◆ PROBLEM REQUIREMENTS ◆
Should a line in the entries below contain "came", return that line.

Stored data entries
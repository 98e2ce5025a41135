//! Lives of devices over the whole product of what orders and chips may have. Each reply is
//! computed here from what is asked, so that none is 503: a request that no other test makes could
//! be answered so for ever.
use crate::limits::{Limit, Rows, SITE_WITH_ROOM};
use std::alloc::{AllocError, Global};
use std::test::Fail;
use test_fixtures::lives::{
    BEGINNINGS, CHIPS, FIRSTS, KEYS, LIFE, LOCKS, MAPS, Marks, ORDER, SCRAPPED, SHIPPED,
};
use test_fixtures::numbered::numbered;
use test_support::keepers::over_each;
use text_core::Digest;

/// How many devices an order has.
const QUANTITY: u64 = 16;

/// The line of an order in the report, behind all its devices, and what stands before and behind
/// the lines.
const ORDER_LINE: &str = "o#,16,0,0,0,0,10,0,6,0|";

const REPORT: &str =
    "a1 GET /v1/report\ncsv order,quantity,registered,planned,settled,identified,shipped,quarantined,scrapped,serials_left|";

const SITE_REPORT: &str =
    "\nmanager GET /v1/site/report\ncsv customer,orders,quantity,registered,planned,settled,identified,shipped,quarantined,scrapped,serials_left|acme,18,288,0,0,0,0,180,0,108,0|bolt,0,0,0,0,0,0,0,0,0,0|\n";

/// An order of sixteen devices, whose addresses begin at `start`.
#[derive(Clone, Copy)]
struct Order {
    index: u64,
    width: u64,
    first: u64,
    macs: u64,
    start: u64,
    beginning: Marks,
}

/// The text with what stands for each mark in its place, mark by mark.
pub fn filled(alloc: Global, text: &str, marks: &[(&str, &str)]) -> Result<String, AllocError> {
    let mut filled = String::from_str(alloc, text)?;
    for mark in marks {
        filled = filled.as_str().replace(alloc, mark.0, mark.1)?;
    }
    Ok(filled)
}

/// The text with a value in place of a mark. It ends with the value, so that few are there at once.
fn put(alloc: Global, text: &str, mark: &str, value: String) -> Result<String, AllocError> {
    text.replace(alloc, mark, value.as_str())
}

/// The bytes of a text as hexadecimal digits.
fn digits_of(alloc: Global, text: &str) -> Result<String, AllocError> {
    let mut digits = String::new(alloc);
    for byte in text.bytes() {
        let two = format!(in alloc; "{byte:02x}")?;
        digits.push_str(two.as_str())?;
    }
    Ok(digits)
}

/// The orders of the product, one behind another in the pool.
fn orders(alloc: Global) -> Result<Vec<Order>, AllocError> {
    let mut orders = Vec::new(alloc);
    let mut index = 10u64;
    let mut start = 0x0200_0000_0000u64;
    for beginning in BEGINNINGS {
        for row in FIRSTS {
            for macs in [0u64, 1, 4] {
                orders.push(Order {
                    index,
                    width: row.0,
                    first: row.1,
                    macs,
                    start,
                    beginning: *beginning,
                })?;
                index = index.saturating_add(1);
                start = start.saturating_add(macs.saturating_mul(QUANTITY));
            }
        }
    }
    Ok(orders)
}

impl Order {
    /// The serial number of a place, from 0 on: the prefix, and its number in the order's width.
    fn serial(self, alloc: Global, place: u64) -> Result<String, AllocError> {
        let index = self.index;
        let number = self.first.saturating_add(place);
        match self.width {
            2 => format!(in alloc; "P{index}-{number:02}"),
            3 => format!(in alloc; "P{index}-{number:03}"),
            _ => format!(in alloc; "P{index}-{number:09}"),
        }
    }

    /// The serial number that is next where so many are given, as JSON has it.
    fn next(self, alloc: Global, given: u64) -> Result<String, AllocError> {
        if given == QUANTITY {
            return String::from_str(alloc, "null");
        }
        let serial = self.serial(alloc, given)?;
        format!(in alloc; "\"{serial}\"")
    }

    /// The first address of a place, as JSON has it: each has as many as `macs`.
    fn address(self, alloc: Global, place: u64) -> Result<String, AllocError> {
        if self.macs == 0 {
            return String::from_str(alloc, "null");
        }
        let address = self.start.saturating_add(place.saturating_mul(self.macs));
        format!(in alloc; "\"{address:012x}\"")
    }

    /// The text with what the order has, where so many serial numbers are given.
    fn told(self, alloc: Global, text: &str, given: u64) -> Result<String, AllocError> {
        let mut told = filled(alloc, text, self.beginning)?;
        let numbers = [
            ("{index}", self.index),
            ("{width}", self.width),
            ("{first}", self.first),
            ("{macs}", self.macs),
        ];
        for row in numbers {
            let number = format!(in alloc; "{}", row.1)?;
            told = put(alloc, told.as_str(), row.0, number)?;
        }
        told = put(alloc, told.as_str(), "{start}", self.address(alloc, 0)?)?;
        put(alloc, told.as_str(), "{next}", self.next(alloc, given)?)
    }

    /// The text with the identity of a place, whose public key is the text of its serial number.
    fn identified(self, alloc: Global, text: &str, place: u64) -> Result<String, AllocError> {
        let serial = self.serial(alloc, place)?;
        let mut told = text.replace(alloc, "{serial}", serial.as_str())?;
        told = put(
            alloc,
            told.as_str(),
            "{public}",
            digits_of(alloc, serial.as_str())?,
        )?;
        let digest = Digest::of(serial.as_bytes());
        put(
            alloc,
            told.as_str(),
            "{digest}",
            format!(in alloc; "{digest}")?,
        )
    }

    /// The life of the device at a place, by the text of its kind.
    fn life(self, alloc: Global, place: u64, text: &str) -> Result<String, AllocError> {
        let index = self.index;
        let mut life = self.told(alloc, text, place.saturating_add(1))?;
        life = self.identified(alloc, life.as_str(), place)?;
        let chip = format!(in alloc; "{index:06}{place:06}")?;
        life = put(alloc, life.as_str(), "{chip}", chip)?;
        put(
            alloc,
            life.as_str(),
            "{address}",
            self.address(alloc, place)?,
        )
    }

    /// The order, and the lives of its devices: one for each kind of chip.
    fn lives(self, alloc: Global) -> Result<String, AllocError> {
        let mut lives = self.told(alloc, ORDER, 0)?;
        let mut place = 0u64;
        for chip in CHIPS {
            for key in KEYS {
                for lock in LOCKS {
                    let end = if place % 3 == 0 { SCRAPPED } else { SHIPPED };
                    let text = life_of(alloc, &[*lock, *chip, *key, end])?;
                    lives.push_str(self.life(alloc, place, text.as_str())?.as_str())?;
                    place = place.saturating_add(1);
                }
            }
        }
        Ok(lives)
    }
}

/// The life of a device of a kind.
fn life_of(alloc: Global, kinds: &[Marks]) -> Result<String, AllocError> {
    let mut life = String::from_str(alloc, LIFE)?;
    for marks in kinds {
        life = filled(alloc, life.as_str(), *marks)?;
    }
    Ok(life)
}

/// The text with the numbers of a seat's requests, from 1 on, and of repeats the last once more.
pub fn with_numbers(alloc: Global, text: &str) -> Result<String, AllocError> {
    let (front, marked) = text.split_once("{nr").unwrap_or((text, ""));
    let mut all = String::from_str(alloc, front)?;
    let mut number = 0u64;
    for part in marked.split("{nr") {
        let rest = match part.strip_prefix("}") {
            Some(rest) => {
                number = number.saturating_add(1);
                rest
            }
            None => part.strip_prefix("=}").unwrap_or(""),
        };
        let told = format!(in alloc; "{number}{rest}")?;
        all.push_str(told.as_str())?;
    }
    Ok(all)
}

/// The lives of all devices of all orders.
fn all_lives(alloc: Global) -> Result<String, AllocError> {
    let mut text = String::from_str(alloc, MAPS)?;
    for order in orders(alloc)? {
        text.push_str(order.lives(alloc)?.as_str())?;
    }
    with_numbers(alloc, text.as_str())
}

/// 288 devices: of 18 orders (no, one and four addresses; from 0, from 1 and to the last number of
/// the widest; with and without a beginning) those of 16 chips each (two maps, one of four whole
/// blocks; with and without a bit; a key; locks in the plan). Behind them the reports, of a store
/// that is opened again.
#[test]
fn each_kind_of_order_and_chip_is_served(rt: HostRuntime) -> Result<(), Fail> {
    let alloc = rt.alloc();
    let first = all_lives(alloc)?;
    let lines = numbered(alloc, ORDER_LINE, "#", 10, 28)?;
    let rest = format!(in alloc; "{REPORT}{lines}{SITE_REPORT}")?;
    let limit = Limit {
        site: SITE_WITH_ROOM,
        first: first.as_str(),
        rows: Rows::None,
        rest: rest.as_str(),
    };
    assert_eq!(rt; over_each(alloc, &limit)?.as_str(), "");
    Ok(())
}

* * *

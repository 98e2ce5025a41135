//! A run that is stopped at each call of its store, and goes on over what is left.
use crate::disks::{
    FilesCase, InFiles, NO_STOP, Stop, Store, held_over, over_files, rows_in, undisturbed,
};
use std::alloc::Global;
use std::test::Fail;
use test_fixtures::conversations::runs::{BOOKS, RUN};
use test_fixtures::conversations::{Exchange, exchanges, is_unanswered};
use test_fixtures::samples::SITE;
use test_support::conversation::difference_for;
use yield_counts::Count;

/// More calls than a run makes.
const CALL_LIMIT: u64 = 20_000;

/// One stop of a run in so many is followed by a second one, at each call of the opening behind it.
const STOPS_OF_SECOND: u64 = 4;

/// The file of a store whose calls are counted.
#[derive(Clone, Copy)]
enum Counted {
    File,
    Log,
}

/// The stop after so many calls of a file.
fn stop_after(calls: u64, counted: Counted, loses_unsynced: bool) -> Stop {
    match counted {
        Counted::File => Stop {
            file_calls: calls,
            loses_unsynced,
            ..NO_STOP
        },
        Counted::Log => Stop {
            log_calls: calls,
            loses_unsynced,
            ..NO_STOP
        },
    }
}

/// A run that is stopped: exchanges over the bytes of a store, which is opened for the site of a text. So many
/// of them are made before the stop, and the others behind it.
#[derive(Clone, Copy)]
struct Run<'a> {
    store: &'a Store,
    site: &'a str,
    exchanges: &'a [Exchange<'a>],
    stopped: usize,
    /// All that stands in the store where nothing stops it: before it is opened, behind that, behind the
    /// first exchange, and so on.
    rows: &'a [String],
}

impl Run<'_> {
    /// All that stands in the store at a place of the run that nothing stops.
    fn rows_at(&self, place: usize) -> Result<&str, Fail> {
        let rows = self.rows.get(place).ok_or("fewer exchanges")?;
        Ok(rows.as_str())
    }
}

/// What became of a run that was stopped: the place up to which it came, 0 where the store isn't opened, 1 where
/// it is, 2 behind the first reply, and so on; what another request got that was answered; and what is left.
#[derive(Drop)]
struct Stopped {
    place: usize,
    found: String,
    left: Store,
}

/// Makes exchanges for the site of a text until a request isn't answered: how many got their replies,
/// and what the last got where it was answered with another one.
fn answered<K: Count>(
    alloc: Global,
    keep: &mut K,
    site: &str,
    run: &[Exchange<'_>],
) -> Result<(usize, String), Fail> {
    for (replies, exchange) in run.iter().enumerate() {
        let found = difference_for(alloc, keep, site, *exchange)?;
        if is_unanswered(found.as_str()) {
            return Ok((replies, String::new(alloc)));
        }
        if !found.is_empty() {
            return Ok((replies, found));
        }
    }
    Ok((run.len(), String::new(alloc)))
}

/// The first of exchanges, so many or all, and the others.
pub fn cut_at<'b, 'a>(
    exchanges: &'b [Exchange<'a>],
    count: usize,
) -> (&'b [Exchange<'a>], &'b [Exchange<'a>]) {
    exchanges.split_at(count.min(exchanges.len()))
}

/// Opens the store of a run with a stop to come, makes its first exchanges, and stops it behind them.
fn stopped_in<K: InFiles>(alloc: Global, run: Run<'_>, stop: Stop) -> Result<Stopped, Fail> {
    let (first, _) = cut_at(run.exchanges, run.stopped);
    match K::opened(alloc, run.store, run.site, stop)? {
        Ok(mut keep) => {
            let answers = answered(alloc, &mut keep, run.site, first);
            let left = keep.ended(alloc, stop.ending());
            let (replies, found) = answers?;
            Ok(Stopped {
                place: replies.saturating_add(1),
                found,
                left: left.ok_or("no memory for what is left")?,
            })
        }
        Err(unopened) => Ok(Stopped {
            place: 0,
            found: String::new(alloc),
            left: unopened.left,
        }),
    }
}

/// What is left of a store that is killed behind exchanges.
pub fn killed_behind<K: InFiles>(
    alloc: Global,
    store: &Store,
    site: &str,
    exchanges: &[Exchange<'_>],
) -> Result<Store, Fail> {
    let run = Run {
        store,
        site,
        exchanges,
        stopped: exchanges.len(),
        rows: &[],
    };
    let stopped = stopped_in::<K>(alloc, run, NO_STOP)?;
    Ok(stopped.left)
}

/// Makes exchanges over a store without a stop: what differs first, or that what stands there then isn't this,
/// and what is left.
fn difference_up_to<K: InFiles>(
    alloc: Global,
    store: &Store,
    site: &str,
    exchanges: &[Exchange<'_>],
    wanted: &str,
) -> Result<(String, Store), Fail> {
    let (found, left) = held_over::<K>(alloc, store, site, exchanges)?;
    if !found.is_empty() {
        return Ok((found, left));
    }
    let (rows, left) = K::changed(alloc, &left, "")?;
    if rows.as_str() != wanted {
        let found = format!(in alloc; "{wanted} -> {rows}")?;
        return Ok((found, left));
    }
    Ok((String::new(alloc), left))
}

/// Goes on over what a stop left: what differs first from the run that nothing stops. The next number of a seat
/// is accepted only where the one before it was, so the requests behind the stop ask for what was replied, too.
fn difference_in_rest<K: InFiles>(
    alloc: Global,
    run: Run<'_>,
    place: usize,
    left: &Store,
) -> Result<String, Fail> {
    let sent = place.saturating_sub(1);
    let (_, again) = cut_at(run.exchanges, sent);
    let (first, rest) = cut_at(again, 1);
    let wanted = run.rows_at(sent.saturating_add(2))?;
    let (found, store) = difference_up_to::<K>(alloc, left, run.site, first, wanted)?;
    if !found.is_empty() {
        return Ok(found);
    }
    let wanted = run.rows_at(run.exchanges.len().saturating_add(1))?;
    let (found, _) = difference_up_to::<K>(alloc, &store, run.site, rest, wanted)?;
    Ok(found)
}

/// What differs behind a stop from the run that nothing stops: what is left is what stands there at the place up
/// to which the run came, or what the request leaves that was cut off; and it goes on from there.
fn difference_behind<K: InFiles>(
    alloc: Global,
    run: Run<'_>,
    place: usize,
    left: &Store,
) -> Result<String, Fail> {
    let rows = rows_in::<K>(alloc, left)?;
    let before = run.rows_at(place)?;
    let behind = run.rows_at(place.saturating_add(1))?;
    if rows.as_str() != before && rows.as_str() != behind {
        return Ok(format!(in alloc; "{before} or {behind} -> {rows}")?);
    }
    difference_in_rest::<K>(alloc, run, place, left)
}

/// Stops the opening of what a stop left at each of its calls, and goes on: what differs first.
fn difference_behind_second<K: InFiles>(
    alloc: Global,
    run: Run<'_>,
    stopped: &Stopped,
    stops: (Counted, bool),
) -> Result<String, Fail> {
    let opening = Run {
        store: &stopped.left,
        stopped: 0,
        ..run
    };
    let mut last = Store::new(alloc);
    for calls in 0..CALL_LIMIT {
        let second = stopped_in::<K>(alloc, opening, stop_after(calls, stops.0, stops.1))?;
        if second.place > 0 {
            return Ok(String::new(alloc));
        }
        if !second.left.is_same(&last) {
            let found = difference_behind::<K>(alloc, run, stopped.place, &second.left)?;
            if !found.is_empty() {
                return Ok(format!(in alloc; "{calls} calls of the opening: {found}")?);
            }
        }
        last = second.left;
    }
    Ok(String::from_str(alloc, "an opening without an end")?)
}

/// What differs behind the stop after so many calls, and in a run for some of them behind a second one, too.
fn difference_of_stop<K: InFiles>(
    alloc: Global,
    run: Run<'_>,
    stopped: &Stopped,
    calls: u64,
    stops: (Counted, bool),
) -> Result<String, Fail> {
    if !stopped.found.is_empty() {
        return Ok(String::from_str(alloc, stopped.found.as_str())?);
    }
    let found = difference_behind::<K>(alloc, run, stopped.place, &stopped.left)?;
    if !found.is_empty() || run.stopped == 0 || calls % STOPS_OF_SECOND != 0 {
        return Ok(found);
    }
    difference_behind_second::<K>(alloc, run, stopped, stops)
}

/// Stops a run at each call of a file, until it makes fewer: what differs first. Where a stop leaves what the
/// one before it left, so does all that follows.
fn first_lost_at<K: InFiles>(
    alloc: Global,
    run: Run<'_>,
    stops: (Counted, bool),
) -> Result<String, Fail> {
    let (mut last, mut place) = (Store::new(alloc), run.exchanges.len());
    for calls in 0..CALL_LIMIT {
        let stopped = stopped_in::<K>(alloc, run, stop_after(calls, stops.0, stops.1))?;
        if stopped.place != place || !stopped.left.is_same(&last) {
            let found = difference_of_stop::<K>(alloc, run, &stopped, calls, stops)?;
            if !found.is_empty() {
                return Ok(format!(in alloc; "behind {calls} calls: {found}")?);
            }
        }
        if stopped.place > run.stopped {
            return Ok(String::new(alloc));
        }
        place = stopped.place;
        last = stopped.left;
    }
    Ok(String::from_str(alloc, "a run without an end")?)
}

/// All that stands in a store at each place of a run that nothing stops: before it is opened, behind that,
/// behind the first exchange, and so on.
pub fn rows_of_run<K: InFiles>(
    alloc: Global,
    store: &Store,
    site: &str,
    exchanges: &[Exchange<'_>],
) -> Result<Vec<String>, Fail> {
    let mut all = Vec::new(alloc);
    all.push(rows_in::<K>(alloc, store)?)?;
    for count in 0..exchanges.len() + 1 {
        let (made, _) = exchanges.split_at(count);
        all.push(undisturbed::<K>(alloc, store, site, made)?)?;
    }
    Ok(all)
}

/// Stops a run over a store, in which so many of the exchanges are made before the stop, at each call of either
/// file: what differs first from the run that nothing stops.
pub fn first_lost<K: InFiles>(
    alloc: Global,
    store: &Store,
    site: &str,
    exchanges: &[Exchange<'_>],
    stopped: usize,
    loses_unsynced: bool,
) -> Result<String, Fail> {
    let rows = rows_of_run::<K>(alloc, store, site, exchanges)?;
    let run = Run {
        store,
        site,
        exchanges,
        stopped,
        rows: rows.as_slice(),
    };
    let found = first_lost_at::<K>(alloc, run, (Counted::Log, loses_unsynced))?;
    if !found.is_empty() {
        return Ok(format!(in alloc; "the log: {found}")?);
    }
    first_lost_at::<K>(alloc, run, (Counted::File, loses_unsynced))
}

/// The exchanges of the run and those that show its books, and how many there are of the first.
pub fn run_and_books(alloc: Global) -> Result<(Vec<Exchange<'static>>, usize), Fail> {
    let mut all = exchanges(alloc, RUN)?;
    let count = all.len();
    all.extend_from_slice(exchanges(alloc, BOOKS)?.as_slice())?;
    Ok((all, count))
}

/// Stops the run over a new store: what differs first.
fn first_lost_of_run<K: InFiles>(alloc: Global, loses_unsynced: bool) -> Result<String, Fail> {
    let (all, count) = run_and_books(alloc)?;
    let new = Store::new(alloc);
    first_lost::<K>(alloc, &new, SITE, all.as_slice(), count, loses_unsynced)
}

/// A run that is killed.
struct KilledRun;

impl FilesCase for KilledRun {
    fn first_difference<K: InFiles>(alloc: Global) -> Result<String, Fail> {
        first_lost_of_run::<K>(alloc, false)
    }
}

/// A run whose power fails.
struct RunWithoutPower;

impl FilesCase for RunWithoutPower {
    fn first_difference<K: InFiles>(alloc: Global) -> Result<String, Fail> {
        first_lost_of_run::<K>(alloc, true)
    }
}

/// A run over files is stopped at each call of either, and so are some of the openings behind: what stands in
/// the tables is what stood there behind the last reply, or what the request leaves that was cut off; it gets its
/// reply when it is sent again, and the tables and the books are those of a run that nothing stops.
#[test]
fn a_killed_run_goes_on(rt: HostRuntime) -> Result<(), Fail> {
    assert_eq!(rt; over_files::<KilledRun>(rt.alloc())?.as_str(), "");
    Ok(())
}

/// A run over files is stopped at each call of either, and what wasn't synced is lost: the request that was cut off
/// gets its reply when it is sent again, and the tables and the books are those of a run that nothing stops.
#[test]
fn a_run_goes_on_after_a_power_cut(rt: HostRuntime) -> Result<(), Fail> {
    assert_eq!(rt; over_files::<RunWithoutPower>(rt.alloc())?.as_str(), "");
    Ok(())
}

◆ RESPONSE TO THE EXERCISE ◆
/// What became of a run that was stopped: the place up to which it came, 0 where the store isn't opened, 1 where
/// to which the run came, or what the request leaves that was cut off; and it goes on from there.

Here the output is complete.